• **WHAT THIS TASK INVOLVES**: Whenever a line carries the word "token", pull it out of the entries.

• **INPUT DATA**:
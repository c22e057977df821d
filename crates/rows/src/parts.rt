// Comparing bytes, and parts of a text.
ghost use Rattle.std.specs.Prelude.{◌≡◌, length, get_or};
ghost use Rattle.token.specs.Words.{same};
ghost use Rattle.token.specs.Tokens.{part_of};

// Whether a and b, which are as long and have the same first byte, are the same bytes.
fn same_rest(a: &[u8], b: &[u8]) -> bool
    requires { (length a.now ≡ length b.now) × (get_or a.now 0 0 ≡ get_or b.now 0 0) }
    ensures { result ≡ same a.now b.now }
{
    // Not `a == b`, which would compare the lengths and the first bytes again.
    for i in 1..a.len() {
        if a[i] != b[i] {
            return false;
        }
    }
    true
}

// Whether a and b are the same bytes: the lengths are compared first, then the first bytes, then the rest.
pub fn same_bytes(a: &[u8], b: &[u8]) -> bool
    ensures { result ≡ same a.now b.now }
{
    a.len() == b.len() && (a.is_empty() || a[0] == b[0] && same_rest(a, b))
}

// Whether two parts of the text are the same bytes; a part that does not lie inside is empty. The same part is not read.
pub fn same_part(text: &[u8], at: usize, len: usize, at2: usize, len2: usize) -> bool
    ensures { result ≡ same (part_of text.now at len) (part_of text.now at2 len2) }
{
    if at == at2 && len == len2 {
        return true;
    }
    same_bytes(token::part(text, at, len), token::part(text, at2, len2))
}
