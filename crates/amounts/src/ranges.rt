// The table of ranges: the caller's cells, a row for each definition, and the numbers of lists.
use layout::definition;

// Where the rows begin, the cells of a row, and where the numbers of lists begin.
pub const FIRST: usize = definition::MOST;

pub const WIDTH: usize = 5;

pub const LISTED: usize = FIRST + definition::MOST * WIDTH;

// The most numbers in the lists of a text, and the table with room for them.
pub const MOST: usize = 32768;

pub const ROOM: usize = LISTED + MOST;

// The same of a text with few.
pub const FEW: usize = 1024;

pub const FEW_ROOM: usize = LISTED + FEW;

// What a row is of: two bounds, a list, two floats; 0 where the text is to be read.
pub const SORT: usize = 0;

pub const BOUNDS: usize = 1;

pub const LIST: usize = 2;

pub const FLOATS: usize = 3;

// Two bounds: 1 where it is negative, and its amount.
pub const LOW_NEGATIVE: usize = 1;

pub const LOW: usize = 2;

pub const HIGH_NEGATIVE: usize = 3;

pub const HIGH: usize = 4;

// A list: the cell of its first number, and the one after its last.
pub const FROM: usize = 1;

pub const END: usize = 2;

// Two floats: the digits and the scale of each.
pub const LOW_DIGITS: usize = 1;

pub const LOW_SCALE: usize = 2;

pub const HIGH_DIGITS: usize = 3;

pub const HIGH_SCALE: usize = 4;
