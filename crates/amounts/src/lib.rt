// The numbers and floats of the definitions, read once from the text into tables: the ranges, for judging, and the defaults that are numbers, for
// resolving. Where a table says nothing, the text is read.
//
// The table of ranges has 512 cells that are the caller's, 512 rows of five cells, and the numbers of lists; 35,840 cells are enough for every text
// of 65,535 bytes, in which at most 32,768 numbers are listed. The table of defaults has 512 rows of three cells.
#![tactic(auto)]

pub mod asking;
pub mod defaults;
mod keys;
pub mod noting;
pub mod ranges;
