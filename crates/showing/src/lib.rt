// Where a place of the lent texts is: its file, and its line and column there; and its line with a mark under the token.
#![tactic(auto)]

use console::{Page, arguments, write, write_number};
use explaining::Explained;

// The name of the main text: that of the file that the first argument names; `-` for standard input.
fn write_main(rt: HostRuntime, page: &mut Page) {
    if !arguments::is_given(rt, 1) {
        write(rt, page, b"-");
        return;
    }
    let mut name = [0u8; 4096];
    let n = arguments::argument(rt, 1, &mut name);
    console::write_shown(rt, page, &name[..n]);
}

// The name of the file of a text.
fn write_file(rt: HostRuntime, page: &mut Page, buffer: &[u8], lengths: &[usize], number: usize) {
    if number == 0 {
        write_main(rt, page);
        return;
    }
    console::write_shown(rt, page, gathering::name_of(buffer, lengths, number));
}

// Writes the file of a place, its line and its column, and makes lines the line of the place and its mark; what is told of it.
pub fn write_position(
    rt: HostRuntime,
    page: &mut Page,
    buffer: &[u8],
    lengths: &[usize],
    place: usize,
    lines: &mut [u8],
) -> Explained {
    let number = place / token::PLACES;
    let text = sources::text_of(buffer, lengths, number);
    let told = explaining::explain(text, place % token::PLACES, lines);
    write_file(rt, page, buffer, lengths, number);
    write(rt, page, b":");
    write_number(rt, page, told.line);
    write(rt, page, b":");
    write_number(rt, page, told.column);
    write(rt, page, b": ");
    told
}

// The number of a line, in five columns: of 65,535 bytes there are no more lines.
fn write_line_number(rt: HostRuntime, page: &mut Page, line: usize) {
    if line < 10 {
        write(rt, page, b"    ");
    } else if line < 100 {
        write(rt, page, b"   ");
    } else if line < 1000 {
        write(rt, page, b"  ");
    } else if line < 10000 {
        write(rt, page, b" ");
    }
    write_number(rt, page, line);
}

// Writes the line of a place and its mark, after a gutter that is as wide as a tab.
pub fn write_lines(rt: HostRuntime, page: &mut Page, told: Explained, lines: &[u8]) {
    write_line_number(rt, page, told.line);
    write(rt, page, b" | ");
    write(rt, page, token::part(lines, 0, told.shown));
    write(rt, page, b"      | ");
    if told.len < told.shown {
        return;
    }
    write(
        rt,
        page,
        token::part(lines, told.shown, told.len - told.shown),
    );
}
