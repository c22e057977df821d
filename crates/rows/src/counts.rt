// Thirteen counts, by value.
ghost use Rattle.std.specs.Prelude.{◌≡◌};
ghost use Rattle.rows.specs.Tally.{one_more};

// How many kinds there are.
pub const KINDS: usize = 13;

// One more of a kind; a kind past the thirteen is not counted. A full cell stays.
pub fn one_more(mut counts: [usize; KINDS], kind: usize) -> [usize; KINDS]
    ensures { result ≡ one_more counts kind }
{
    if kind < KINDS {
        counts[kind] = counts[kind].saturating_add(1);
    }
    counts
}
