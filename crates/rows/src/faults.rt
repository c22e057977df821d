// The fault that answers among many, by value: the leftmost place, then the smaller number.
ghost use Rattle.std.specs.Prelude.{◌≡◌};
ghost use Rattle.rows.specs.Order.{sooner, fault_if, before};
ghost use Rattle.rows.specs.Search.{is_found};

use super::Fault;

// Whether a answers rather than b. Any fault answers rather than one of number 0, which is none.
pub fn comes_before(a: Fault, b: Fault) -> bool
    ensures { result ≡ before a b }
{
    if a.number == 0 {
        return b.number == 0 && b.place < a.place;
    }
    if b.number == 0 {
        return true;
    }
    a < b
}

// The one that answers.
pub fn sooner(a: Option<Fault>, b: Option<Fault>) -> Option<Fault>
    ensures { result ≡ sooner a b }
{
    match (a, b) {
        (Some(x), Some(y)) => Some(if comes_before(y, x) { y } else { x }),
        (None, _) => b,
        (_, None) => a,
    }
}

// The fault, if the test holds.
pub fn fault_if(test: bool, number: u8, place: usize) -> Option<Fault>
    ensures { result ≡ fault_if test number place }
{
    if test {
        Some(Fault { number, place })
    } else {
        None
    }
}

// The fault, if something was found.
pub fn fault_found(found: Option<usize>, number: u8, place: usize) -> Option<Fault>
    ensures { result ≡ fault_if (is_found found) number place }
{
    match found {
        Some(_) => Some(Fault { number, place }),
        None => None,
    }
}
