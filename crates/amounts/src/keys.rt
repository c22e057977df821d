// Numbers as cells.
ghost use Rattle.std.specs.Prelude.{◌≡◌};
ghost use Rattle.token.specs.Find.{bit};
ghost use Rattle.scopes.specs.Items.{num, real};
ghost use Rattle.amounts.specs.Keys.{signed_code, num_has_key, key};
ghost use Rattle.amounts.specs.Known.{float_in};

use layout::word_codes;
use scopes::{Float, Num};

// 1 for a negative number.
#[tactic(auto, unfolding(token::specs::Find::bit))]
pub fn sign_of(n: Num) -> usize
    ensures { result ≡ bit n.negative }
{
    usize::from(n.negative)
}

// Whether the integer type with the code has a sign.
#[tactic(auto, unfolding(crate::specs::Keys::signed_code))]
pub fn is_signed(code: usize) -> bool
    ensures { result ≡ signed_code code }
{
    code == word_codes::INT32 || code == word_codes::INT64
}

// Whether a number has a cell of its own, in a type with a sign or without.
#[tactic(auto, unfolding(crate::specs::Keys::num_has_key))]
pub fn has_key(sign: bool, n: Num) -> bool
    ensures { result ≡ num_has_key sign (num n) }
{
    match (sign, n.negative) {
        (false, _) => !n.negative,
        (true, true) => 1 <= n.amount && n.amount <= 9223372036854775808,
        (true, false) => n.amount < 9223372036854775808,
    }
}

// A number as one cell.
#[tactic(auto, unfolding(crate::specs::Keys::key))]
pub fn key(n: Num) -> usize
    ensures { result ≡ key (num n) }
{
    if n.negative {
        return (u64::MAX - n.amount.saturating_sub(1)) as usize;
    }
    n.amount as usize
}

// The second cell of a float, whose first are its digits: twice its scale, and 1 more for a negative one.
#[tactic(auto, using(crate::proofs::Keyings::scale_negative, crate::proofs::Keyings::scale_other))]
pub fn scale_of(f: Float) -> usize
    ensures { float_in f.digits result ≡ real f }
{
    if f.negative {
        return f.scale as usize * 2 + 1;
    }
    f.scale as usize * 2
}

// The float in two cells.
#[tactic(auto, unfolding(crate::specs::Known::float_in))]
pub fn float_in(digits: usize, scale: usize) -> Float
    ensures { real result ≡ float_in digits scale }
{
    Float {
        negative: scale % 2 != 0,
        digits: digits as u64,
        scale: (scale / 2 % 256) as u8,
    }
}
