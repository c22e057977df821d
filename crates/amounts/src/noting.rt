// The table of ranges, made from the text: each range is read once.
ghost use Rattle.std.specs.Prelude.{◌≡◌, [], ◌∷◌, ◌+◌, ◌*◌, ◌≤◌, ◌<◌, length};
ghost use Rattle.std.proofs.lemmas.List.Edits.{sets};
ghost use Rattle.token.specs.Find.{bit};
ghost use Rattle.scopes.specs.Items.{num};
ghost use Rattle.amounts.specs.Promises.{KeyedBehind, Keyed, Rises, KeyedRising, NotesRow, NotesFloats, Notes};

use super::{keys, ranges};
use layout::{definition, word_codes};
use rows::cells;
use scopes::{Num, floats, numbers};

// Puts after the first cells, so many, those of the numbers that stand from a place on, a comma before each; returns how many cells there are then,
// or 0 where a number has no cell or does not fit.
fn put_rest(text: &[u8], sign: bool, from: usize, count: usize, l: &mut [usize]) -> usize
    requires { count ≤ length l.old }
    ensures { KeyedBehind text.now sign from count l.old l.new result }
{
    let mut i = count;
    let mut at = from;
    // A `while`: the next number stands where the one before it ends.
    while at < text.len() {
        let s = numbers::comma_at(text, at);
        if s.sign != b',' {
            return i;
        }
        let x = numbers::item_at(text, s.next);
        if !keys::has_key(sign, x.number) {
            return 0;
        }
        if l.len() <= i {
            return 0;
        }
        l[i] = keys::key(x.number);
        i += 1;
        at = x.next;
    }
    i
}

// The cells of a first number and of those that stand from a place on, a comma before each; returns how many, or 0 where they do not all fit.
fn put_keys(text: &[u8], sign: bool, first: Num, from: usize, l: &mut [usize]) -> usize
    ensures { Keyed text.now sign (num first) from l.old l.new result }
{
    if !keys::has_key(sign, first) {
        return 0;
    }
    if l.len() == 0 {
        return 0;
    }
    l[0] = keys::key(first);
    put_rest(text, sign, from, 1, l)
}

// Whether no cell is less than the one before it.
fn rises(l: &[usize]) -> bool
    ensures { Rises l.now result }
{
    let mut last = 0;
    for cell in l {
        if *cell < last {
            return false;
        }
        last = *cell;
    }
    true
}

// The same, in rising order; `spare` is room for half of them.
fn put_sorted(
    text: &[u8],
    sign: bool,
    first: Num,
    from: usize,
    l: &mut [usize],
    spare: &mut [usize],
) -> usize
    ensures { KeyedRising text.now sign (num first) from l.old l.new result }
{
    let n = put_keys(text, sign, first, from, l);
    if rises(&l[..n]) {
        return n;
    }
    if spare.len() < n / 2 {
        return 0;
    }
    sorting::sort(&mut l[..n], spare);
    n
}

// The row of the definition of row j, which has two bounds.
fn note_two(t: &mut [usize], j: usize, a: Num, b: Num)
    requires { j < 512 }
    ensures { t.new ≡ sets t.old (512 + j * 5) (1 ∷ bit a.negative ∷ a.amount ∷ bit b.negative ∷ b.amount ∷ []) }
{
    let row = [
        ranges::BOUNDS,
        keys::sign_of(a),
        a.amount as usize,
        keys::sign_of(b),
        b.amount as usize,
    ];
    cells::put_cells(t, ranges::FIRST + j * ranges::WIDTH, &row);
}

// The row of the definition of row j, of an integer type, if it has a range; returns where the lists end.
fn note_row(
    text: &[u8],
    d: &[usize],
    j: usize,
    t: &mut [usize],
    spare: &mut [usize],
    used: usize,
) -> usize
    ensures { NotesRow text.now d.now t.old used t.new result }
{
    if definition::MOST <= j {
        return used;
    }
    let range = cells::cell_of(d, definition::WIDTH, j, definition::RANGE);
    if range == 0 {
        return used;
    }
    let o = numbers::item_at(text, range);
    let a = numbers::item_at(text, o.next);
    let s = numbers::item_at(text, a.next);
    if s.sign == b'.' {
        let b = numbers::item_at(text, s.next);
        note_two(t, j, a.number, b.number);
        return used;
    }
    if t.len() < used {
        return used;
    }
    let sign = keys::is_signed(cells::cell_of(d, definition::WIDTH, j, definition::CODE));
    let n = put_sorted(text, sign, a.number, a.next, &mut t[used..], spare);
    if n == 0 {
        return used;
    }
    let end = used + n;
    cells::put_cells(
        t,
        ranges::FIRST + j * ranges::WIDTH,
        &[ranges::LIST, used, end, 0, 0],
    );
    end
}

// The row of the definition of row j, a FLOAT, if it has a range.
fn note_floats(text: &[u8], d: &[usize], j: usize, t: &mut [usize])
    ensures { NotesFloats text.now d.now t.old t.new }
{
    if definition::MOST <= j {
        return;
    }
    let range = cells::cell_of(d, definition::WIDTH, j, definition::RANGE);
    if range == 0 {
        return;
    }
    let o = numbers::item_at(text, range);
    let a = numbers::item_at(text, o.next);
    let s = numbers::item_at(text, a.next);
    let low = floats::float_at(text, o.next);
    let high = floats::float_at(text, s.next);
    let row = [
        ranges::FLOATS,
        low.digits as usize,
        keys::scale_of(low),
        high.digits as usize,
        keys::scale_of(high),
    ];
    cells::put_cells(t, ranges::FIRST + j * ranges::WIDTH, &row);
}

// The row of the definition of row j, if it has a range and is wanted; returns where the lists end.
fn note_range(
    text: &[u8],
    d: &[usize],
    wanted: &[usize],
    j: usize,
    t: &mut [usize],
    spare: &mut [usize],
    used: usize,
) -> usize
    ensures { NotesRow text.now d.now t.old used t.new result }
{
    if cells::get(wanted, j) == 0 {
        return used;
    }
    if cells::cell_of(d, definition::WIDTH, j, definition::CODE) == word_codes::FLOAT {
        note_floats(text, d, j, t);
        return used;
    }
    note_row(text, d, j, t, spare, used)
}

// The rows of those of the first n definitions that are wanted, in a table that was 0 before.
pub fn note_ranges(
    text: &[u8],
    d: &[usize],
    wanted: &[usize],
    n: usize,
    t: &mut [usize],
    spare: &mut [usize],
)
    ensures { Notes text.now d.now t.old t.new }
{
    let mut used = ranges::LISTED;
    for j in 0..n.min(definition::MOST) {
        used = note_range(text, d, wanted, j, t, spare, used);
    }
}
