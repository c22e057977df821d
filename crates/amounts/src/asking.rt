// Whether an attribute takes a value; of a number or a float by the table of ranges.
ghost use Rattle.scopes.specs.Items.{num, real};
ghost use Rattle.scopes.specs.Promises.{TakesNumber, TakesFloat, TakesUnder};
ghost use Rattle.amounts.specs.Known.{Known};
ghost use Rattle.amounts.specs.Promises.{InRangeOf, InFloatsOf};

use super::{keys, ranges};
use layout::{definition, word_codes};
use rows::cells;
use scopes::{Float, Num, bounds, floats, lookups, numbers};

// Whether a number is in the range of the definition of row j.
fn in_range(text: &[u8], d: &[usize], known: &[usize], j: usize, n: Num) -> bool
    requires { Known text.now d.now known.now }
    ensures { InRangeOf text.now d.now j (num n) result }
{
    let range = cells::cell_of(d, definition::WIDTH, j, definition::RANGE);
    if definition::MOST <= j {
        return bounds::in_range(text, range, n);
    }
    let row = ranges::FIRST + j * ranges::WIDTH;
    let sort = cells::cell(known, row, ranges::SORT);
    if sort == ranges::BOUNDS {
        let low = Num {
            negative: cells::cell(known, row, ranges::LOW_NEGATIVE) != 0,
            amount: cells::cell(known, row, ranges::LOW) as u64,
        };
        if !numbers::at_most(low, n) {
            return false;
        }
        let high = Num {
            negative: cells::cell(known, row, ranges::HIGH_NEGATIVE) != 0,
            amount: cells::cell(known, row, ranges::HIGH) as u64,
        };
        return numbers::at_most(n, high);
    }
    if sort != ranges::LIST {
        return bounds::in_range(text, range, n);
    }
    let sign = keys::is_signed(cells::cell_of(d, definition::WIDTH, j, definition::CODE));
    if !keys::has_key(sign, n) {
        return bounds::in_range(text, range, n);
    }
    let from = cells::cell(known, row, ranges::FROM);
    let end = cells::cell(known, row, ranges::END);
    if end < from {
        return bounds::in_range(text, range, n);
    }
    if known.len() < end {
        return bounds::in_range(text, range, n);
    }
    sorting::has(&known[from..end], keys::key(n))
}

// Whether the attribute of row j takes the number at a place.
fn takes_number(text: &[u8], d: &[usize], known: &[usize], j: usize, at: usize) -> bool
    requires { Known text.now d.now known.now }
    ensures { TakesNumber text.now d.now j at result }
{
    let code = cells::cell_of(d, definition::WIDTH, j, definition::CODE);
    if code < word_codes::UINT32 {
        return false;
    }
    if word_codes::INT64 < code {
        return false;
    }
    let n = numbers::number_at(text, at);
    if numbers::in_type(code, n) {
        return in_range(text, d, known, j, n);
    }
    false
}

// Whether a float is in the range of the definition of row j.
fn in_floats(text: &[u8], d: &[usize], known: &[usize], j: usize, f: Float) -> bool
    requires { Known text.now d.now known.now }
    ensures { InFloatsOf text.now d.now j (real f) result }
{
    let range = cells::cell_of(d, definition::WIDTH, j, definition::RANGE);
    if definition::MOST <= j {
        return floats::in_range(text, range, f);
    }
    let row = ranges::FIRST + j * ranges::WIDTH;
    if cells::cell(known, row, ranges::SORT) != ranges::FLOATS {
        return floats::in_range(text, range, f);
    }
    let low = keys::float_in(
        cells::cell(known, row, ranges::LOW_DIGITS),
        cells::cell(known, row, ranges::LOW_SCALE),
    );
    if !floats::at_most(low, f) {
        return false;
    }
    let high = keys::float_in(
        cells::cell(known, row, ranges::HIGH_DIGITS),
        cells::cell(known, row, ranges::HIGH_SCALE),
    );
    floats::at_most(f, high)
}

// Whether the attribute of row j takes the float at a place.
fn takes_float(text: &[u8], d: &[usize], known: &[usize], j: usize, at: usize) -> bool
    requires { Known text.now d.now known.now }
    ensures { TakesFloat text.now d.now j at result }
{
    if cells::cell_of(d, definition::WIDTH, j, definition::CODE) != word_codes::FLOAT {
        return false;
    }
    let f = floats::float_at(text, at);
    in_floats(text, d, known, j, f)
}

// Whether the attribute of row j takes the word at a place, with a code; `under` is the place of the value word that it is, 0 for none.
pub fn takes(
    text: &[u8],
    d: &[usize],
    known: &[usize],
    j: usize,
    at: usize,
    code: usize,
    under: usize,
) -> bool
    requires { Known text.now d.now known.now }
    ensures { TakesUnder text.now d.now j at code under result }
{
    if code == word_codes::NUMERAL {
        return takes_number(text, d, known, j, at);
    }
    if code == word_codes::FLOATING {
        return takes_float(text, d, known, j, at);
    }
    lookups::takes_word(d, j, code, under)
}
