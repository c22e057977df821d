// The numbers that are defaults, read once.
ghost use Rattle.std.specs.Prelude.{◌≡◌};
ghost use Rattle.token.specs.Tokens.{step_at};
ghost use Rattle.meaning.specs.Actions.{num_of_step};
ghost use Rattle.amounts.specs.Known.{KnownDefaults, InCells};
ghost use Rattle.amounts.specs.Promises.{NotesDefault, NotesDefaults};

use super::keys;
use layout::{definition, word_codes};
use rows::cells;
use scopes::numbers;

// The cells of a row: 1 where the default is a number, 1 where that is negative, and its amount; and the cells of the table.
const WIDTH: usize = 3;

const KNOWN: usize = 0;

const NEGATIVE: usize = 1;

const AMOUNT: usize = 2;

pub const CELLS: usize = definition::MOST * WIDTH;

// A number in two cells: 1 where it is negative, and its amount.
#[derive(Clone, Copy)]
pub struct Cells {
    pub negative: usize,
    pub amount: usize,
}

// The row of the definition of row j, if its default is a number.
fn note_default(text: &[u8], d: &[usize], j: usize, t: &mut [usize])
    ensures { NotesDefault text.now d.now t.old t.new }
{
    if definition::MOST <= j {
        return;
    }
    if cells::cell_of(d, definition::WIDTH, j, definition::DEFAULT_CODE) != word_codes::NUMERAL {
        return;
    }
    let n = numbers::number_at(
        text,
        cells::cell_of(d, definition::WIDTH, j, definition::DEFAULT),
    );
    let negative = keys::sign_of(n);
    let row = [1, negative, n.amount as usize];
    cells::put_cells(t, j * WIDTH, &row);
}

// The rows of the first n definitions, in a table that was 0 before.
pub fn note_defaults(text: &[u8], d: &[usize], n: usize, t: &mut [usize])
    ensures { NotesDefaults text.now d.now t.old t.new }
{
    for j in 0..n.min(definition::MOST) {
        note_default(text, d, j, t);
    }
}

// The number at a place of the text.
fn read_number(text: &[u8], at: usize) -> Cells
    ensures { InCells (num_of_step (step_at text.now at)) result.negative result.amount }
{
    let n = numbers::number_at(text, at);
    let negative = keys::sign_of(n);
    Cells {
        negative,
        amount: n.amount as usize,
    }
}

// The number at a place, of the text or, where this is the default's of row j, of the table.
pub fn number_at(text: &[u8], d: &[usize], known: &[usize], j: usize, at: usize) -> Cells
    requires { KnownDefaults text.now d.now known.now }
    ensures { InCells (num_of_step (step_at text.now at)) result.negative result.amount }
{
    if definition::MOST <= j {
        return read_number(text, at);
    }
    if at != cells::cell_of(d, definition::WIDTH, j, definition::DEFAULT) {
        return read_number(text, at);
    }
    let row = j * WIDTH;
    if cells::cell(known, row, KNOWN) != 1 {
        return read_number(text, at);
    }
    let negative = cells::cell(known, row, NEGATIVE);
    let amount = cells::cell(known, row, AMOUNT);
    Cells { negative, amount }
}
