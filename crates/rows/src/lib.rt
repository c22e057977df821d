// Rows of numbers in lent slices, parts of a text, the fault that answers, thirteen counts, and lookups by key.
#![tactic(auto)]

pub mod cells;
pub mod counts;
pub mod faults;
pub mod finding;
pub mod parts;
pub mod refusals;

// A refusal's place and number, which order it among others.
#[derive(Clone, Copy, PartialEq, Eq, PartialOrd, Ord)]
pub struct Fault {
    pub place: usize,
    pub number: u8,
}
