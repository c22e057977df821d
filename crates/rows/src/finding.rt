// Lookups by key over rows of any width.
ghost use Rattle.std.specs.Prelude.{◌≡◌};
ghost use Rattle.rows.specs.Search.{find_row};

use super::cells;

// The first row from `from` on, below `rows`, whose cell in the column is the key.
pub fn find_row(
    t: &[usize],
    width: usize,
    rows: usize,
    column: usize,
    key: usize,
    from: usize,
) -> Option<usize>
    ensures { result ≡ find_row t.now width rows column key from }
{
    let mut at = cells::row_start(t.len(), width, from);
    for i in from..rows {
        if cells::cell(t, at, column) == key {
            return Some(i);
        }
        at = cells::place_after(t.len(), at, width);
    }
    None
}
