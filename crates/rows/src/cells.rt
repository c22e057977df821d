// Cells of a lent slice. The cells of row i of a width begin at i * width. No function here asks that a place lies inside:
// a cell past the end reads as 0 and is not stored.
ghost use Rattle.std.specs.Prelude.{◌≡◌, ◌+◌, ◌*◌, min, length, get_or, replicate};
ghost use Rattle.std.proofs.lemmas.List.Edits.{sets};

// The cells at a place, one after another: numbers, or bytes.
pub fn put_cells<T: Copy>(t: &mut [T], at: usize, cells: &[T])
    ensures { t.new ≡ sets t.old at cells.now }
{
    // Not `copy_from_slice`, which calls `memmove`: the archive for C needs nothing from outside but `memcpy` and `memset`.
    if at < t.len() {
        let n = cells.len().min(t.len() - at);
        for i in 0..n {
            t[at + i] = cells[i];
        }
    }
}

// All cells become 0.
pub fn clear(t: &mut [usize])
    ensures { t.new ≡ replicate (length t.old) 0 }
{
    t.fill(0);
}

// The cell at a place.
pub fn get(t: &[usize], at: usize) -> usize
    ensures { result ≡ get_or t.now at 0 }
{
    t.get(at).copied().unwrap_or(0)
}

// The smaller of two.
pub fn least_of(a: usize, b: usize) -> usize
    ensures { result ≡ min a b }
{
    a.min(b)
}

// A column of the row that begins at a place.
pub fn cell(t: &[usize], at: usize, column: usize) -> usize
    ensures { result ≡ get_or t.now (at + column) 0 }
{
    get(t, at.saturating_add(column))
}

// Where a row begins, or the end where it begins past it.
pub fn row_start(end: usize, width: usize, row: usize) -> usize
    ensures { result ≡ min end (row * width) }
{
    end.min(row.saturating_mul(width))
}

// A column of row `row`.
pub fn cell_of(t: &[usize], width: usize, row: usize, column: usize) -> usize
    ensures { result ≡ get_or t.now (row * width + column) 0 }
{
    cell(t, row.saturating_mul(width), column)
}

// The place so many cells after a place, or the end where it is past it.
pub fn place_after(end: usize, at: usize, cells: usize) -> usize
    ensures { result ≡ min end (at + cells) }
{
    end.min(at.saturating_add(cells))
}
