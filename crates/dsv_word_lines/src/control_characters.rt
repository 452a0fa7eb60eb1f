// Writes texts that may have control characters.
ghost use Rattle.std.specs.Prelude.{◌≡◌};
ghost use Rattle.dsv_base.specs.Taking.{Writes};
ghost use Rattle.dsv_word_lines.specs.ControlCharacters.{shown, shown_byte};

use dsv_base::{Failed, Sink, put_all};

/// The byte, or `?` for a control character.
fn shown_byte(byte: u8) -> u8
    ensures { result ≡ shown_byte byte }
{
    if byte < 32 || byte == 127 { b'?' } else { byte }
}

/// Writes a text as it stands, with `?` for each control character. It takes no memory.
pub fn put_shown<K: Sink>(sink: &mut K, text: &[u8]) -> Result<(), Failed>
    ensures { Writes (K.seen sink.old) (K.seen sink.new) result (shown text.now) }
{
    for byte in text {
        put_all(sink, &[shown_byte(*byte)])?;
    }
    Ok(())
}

• **SOLUTION FOR THIS TASK**:
ghost use Rattle.token.specs.Words.{same};
ghost use Rattle.token.specs.Tokens.{part_of};
    same_bytes(token::part(text, at, len), token::part(text, at2, len2))
// Where a place of the lent texts is: its file, and its line and column there; and its line with a mark under the token.
    let number = place / token::PLACES;
    let told = explaining::explain(text, place % token::PLACES, lines);
    write(rt, page, token::part(lines, 0, told.shown));
        token::part(lines, told.shown, told.len - told.shown),
ghost use Rattle.token.specs.Find.{bit};
#[tactic(auto, unfolding(token::specs::Find::bit))]
ghost use Rattle.token.specs.Find.{bit};
ghost use Rattle.token.specs.Tokens.{step_at};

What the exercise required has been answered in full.